When do you think the last time Antonio Brown was scared was? Like, when was the last time Antonio Brown realized he wasn’t in control anymore?
It wasn’t in Pittsburgh. It wasn’t this offseason. It wasn’t at training camp. But Thursday night? I’d bet serious coin that Brown had a nervous thought cross his mind (probably thanks in part to agent Drew Rosenhaus): is this it?
Did I just cost myself $30 million in guarantees? Did I cost myself a chance at breaking receiving records? Did I throw away everything I’ve worked so hard for?
As a man who has gotten everything he has wanted for upwards of the last 24 months, I genuinely believe that everything that transpired on Wednesday and Thursday sowed seeds of doubt and maybe even fear in the mind of Antonio Brown.
And if you’re the Oakland Raiders? Mission accomplished.
As the Raiders versus Brown saga has dragged on over the past few months, it seemed like nothing was out of the realm of possibilities.
Frostbitten feet from a cryotherapy chamber in Europe? Check.
Lawsuit with the league over a helmet deemed unsafe and too old? Check (and then check again).
Fines for missing practices and skipping walkthroughs and then posting the letter on Instagram with a passive-aggressive message for the team? Check.
Shouting match with general manager Mike Mayock that allegedly involved threats of physical assault, derogatory language and needing to be physically restrained (by Vontaze Burfict no less)? Check.
Twitter rumors of suspensions, fines, and possible release? Check, check and check.
Ah, the life of an Oakland Raiders fan.
As for the takes? Oh, there have been takes.
It depends on who you ask, and yet, regardless of all of this, it seems like Friday morning’s announcement by head coach Jon Gruden that Brown would not be suspended has brought an end to things — at least for a few hours.
And, truthfully, if you ask me, I think the Raiders won this round. Here’s why…
When the Raiders traded for and extended Brown, they wed themselves to this guy for the next three years — and they needed him, to be honest. When the feet thing happened, you could say it was a fluke. When the helmet thing happened, you could say it was “Antonio Brown being Antonio Brown” — it’s weird, but it’s not criminal, so meh.
But when he starts missing practices and walkthroughs on top of all that? It was clear that Brown was testing where the line was.
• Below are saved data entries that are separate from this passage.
// Blocks of a swap file, read through the folder.
ghost use Rattle.std.specs.Prelude.{◌≡◌, ◌≤◌, ◌<◌, ◌*◌, ◌/◌, ◌^◌, ◌&&◌, nat_eq, ℕ, List, IfOk, IfSome, IsTrue, length};
ghost use Rattle.vs_pages.specs.Maps.{pages_at};
ghost use Rattle.vs_data.specs.Blocks.{lines_in};
ghost use Rattle.vs_tree_shape.specs.Places.{lines_below};
ghost use Rattle.vs_tree_shape.specs.Trees.{read_by};
ghost use Rattle.vs_swap.specs.Entries.{pointer_in, swap_points};
ghost use Rattle.vs_swap.specs.Files.{pages_in, swap_format};
ghost use Rattle.vs_recover.specs.Files.{IsFile, Gives, Extends, plain};
ghost use Rattle.vs_recover.specs.Levels.{are_wide, fitting_lines, fitting_points, points_at, lines_at};
ghost use Rattle.vs_recover.specs.Reading.{IsThere, ReadsAtMost};

use crate::calls::read_part;
use crate::{Fault, FileText};
use std::alloc::{AllocError, Global};
use vs_data::DataView;
use vs_host::Folder;
use vs_ptr::{PtrEntry, PtrView};
use vs_tree_shape::{Entry, count_lines};

/// The bytes of neighbouring pages of a file of so many whole pages; None where it has not all of them.
pub fn load_pages<F: Folder>(
    alloc: Global,
    host: &mut F,
    name: &str,
    count: u64,
    block: u64,
    pages: u32,
) -> Result<Option<Vec<u8>>, Fault>
    requires some { 1 ≤ pages }
    requires bound { count < 2 ^ 52 }
    requires count { IsThere F.tells (F.scene host.old) name.now (λ file. count ≡ length file / 4096) }
    ensures value { IfOk result (λ found. (file : List ℕ) → IsFile F.tells (F.scene host.old) name.now file
        → Gives (pages_at (pages_in file) block pages) found) }
    ensures size { IfOk result (λ found. IfSome found (λ bytes. length bytes.items ≡ 4096 * pages)) }
    ensures reading { ReadsAtMost F.tells result Fault.Failed (F.scene host.old) (F.scene host.new) 1 }
{
    let wanted = u64::from(pages);
    if block >= count || wanted > count - block {
        return Ok(None);
    }
    let mut bytes = vec![in alloc; 0u8; wanted as usize * 4096]?;
    read_part(host, name, block * 4096, &mut bytes)?;
    Ok(Some(bytes))
}

// The entry as a swap file has it; None where a number is negative.
fn from_ptr(entry: &PtrEntry) -> Option<Entry>
    ensures { result ≡ pointer_in entry.now }
{
    if entry.block < 0 || entry.pages < 0 || entry.lines < 0 {
        return None;
    }
    Some(Entry {
        block: entry.block as u64,
        pages: entry.pages as u32,
        lines: entry.lines as u64,
    })
}

// The entries of a pointer block; None where the bytes are no such block, or a number in it is negative.
fn read_entries(alloc: Global, bytes: &[u8]) -> Result<Option<Vec<Entry>>, AllocError>
    ensures { IfOk result (Gives (swap_points bytes.now)) }
{
    let Ok(view) = PtrView::read(bytes) else {
        return Ok(None);
    };
    let mut entries = Vec::new(alloc);
    for at in 0..view.count {
        let Some(entry) = from_ptr(&view.entry(bytes, at)) else {
            return Ok(None);
        };
        entries.push(entry)?;
    }
    Ok(Some(entries))
}

/// The entries of the pointer block at a page; None where there is no such block.
pub fn load_entries<F: Folder>(
    alloc: Global,
    host: &mut F,
    name: &str,
    count: u64,
    block: u64,
) -> Result<Option<Vec<Entry>>, Fault>
    requires bound { count < 2 ^ 52 }
    requires count { IsThere F.tells (F.scene host.old) name.now (λ file. count ≡ length file / 4096) }
    ensures value { IfOk result (λ found. (file : List ℕ) → IsFile F.tells (F.scene host.old) name.now file
        → Gives (read_by swap_points (pages_at (pages_in file) block 1)) found) }
    ensures reading { ReadsAtMost F.tells result Fault.Failed (F.scene host.old) (F.scene host.new) 1 }
{
    let Some(bytes) = load_pages(alloc, host, name, count, block, 1)? else {
        return Ok(None);
    };
    let found = read_entries(alloc, &bytes)?;
    Ok(found)
}

/// Whether each of the entries has some pages.
pub fn are_wide(entries: &[Entry]) -> bool
    ensures { result ≡ are_wide entries.now }
{
    for entry in entries {
        if entry.pages == 0 {
            return false;
        }
    }
    true
}

// Whether these entries are those of the pointer block that an entry leads to: they have its lines.
fn fits(entry: &Entry, found: &[Entry]) -> bool
    ensures { result ≡ (nat_eq entry.now.pages 1 && (nat_eq (lines_below found.now) entry.now.lines && are_wide found.now)) }
{
    let wanted = *entry;
    if wanted.pages != 1 {
        return false;
    }
    let Some(lines) = count_lines(found) else {
        return false;
    };
    if lines != wanted.lines {
        return false;
    }
    are_wide(found)
}

/// The entries of the pointer block that an entry leads to, from its bytes; None where they are no pointer block that fits.
pub fn read_points(
    alloc: Global,
    entry: &Entry,
    bytes: &[u8],
) -> Result<Option<Vec<Entry>>, AllocError>
    ensures value { IfOk result (Gives (fitting_points entry.now (swap_points bytes.now))) }
    ensures wide { IfOk result (λ found. IfSome found (λ entries. IsTrue (are_wide entries.items))) }
{
    let Some(found) = read_entries(alloc, bytes)? else {
        return Ok(None);
    };
    if !fits(entry, &found) {
        return Ok(None);
    }
    Ok(Some(found))
}

/// The entries of the pointer block that an entry leads to; None where there is none that fits.
pub fn load_points<F: Folder>(
    alloc: Global,
    host: &mut F,
    name: &str,
    count: u64,
    entry: &Entry,
) -> Result<Option<Vec<Entry>>, Fault>
    requires some { 1 ≤ entry.now.pages }
    requires bound { count < 2 ^ 52 }
    requires count { IsThere F.tells (F.scene host.old) name.now (λ file. count ≡ length file / 4096) }
    ensures value { IfOk result (λ found. (file : List ℕ) → IsFile F.tells (F.scene host.old) name.now file
        → Gives (points_at swap_format (pages_in file) entry.now) found) }
    ensures wide { IfOk result (λ found. IfSome found (λ entries. IsTrue (are_wide entries.items))) }
    ensures reading { ReadsAtMost F.tells result Fault.Failed (F.scene host.old) (F.scene host.new) 1 }
{
    let Some(bytes) = load_pages(alloc, host, name, count, entry.block, entry.pages)? else {
        return Ok(None);
    };
    let found = read_points(alloc, entry, &bytes)?;
    Ok(found)
}

/// Adds the lines of the data block that an entry leads to, from its bytes, in their plain form; false where they are no data
/// block that fits.
pub fn read_lines(entry: &Entry, bytes: &[u8], lines: &mut FileText) -> Result<bool, AllocError>
    requires some { 1 ≤ entry.now.pages }
    ensures value { IfOk result (λ done. Extends (plain (fitting_lines entry.now (lines_in bytes.now))) lines.old.text lines.new.text done) }
    ensures format { lines.new.format ≡ lines.old.format }
{
    let Ok(view) = DataView::read(bytes) else {
        return Ok(false);
    };
    if u64::from(view.count) != entry.lines {
        return Ok(false);
    }
    lines.push_block(&view, bytes)?;
    Ok(true)
}

/// Adds the lines of the data block that an entry leads to, in their plain form; false where there is no block that fits.
pub fn load_lines<F: Folder>(
    alloc: Global,
    host: &mut F,
    name: &str,
    count: u64,
    entry: &Entry,
    lines: &mut FileText,
) -> Result<bool, Fault>
    requires some { 1 ≤ entry.now.pages }
    requires bound { count < 2 ^ 52 }
    requires count { IsThere F.tells (F.scene host.old) name.now (λ file. count ≡ length file / 4096) }
    ensures value { IfOk result (λ done. (file : List ℕ) → IsFile F.tells (F.scene host.old) name.now file
        → Extends (plain (lines_at swap_format (pages_in file) entry.now)) lines.old.text lines.new.text done) }
    ensures format { lines.new.format ≡ lines.old.format }
    ensures reading { ReadsAtMost F.tells result Fault.Failed (F.scene host.old) (F.scene host.new) 1 }
{
    let Some(bytes) = load_pages(alloc, host, name, count, entry.block, entry.pages)? else {
        return Ok(false);
    };
    let done = read_lines(entry, &bytes, lines)?;
    Ok(done)
}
He wanted to know how much he could get away with, and that question was quickly answered.
The first day he disappeared, Mayock gathered some reporters around him for an impromptu press conference and he publicly called Brown out with a simple question: are you all in, or are you all out”? The next day, Brown was back at work.
Then he missed a walkthrough before a preseason game — which is crazier when you realize he had flown all the way to Canada to be with the team at the game AND that this walkthrough was likely in the hotel he was staying at! Result? A hefty fine.
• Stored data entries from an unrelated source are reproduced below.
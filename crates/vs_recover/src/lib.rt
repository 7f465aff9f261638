//! Recovery: which text the swap files of a file stand for, and what is to be said of them.
#![tactic(auto)]

mod blocks;
mod calls;
mod choices;
mod error;
mod file_text;
mod image;
mod infos;
mod levels;
mod marks;
mod newest;
mod original;
mod roots;
mod tree;
mod walk;

pub use choices::{Chosen, Swap, choose};
pub use error::{Fault, RecErr};
pub use file_text::FileText;
pub use image::{Image, read_image};
pub use infos::info;
pub use roots::Root;
pub use vs_damaged::Marker;
pub use walk::{Salvaged, salvage};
The message Brown received was crystal clear: we’re not having any of this. And I freaking loved it. Again: the Raiders are hoping this guy is going to be in the building for at least the next three years, and if the end of his time with the Steelers said anything, it was that nobody ever showed him where the line was. Mayock wasn’t going to make the same mistake.
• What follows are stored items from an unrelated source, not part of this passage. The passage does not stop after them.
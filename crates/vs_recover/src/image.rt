// What one swap file is.
ghost use Rattle.std.specs.Prelude.{◌≡◌, ◌+◌, ◌-◌, ◌/◌, ℕ, List, IfOk, IfErr, IsTrue, IsSome, Ok, length, take};
ghost use Rattle.vs_host.specs.World.{content_of};
ghost use Rattle.vs_zero.specs.Zero.{reading_of};
ghost use Rattle.vs_swap.specs.Files.{format_by};
ghost use Rattle.vs_recover.specs.Choices.{IsSized};
ghost use Rattle.vs_recover.specs.Faults.{IsFault};
ghost use Rattle.vs_recover.specs.Files.{IsFile};
ghost use Rattle.vs_recover.specs.Images.{IsImage, refused_image, text_in, with_format};
ghost use Rattle.vs_recover.specs.Reading.{IsThere, ReadsAtMost, blocks_at};

use crate::calls::{file_len, read_part};
use crate::error::error_of;
use crate::tree::read_tree;
use crate::{Fault, FileText, RecErr};
use std::alloc::Global;
use vs_host::Folder;
use vs_text::Format;
use vs_zero::{Zero, ZeroErr};

/// What a swap file is: docs/FORMATS.md, "What a swap file stands for".
#[derive(Debug, Drop)]
pub enum Image {
    /// The file stands for a text in a format.
    Standing { generation: u64, text: FileText },
    /// Page 0 reads, with pages of so many bytes, and the file does not stand.
    Open { page_size: u32 },
    /// Page 0 is that of a closed file.
    Closed,
    /// Page 0 is that of an encrypted file.
    Encrypted,
    /// Page 0 is not that of a swap file.
    NoSwapFile,
}

/// The length of a swap file in bytes, and what its page 0 reads as.
#[derive(Drop)]
pub struct Opening {
    pub len: u64,
    pub zero: Result<Zero, ZeroErr>,
}

// The format that a number in page 0 says.
pub fn format_by(number: u8) -> Format
    ensures { result ≡ format_by number }
{
    match number {
        2 => Format::Dos,
        _ => Format::Unix,
    }
}

// The text of lines in their plain form; None where they are not those of the text without lines and should be, or the
// other way round.
fn text_of(alloc: Global, lines: FileText, empty: bool) -> Option<FileText>
    ensures { result ≡ with_format lines.format (text_in empty lines.text) }
{
    if !empty {
        if lines.is_empty() {
            return None;
        }
        return Some(lines);
    }
    if lines.bytes() != lines.format().line_end() {
        return None;
    }
    Some(FileText::new(alloc, lines.format()))
}

// The first page of the file, or all of it where it is shorter.
fn read_head<F: Folder>(alloc: Global, host: &mut F, name: &str, len: u64) -> Result<Vec<u8>, Fault>
    requires len { IsThere F.tells (F.scene host.old) name.now (λ file. len ≡ length file) }
    ensures value { IfOk result (λ head. (file : List ℕ) → IsFile F.tells (F.scene host.old) name.now file → head.items ≡ take 4096 file) }
    ensures reading { ReadsAtMost F.tells result Fault.Failed (F.scene host.old) (F.scene host.new) 1 }
{
    let size = len.min(4096) as usize;
    let mut head = vec![in alloc; 0u8; size]?;
    read_part(host, name, 0, &mut head)?;
    Ok(head)
}

/// The length of the file, which is there, and what its page 0 reads as.
pub fn read_opening<F: Folder>(alloc: Global, host: &mut F, name: &str) -> Result<Opening, Fault>
    requires there { IsTrue F.tells.folder → IsSome (content_of (F.scene host.old) name.now) }
    ensures len { IfOk result (λ opening. IsThere F.tells (F.scene host.old) name.now (λ file. opening.len ≡ length file)) }
    ensures zero { IfOk result (λ opening. (file : List ℕ) → IsFile F.tells (F.scene host.old) name.now file →
        opening.zero ≡ reading_of (take 4096 file)) }
    ensures sized { IfOk result (λ opening. IsSized opening.zero) }
    ensures reading { ReadsAtMost F.tells result Fault.Failed (F.scene host.old) (F.scene host.new) 2 }
{
    let len = file_len(host, name)?;
    let head = read_head(alloc, host, name, len)?;
    let zero = Zero::read(&head);
    Ok(Opening { len, zero })
}

// What a file is whose page 0 does not read.
fn refused_image(why: ZeroErr) -> Image
    ensures { result ≡ refused_image why }
{
    match why {
        ZeroErr::Closed => Image::Closed,
        ZeroErr::Encrypted => Image::Encrypted,
        ZeroErr::Short | ZeroErr::BadMagic | ZeroErr::BadPageSize(_) => Image::NoSwapFile,
    }
}

/// What a file is whose page 0 reads.
pub fn read_open<F: Folder>(
    alloc: Global,
    host: &mut F,
    name: &str,
    len: u64,
    zero: &Zero,
) -> Result<Image, Fault>
    requires len { IsThere F.tells (F.scene host.old) name.now (λ file. len ≡ length file) }
    requires zero { (file : List ℕ) → IsFile F.tells (F.scene host.old) name.now file → reading_of (take 4096 file) ≡ Ok zero.now }
    ensures image { IfOk result (λ image. (file : List ℕ) → IsFile F.tells (F.scene host.old) name.now file → IsImage file image) }
    ensures reading { ReadsAtMost F.tells result Fault.Failed (F.scene host.old) (F.scene host.new) (len / 4096 - 1) }
{
    let page_size = zero.page_size;
    if page_size != 4096 {
        return Ok(Image::Open { page_size });
    }
    let Some(pair) = zero.pair else {
        return Ok(Image::Open { page_size });
    };
    let Some(lines) = read_tree(alloc, host, name, len / 4096, format_by(zero.format))? else {
        return Ok(Image::Open { page_size });
    };
    let Some(text) = text_of(alloc, lines, pair.empty) else {
        return Ok(Image::Open { page_size });
    };
    Ok(Image::Standing {
        generation: pair.generation,
        text,
    })
}

/// What the file under a name is, which is there.
pub fn find_image<F: Folder>(alloc: Global, host: &mut F, name: &str) -> Result<Image, Fault>
    requires there { IsTrue F.tells.folder → IsSome (content_of (F.scene host.old) name.now) }
    ensures image { IfOk result (λ image. (file : List ℕ) → IsFile F.tells (F.scene host.old) name.now file → IsImage file image) }
    ensures reading { ReadsAtMost F.tells result Fault.Failed (F.scene host.old) (F.scene host.new) (2 + blocks_at (F.scene host.old) name.now) }
{
    let opening = read_opening(alloc, host, name)?;
    match opening.zero {
        Err(why) => Ok(refused_image(why)),
        Ok(zero) => {
            let image = read_open(alloc, host, name, opening.len, &zero)?;
            Ok(image)
        }
    }
}

/// What the swap file of this name is; the file must be there. The folder is only read, with one call for the length, one for page 0
/// and at most one for each page that follows it. `Failed` and `NoMemory` are the only errors.
pub fn read_image<F: Folder>(alloc: Global, host: &mut F, swap: &str) -> Result<Image, RecErr>
    requires there { IsTrue F.tells.folder → IsSome (content_of (F.scene host.old) swap.now) }
    ensures image { IfOk result (λ image. (file : List ℕ) → IsFile F.tells (F.scene host.old) swap.now file → IsImage file image) }
    ensures refused { IfErr result IsFault }
    ensures reading { ReadsAtMost F.tells result RecErr.Failed (F.scene host.old) (F.scene host.new) (2 + blocks_at (F.scene host.old) swap.now) }
{
    match find_image(alloc, host, swap) {
        Ok(image) => Ok(image),
        Err(fault) => Err(error_of(fault)),
    }
}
Brown wasn’t happy, of course, and he went ballistic. Remember: this was a guy who had essentially never been disciplined(!) because no one had ever had the leverage to make him pay. Except this time he had made a miscalculation because the Raiders really did have the leverage.
They could suspend him — costing him games (read: stats) and money. They could release him (costing him $30 million in guarantees, which is exponentially higher than the number he’d get on the market after all this). And so while the Raiders definitely need Brown, he quickly realized how much he needed the Raiders too. His fate was no longer in his hands.
As a result, he showed up Friday morning with a heartfelt apology — one that was accepted by his teammates. I’m sure it was humbling, maybe even humiliating — all for a guy who hasn’t felt those things in a long, long time.
And in the end, everyone — I think — wins.
The Raiders will play their season opener with arguably the best receiver in football. And better yet, he’s a guy who now knows who has all the power — and where the lines are. If everything that the Raiders went through in the past 48 hours makes the next six months — let alone three years — more tolerable, then it was worth it a million times.
And if not? Well, he’ll be out $30 million and the Raiders will be rid of their (albeit incredibly important) headache.
Nobody knows what the future holds here, but the present looks different than it did a week ago. For now, the Raiders (I’m guessing) have a smile on their face behind closed doors. They showed a hard front, they showed they won’t be pushed around and they got their best player back.
Now, whether there’s another Round 2 — or, better yet, when Round 2 will be? That’s another question.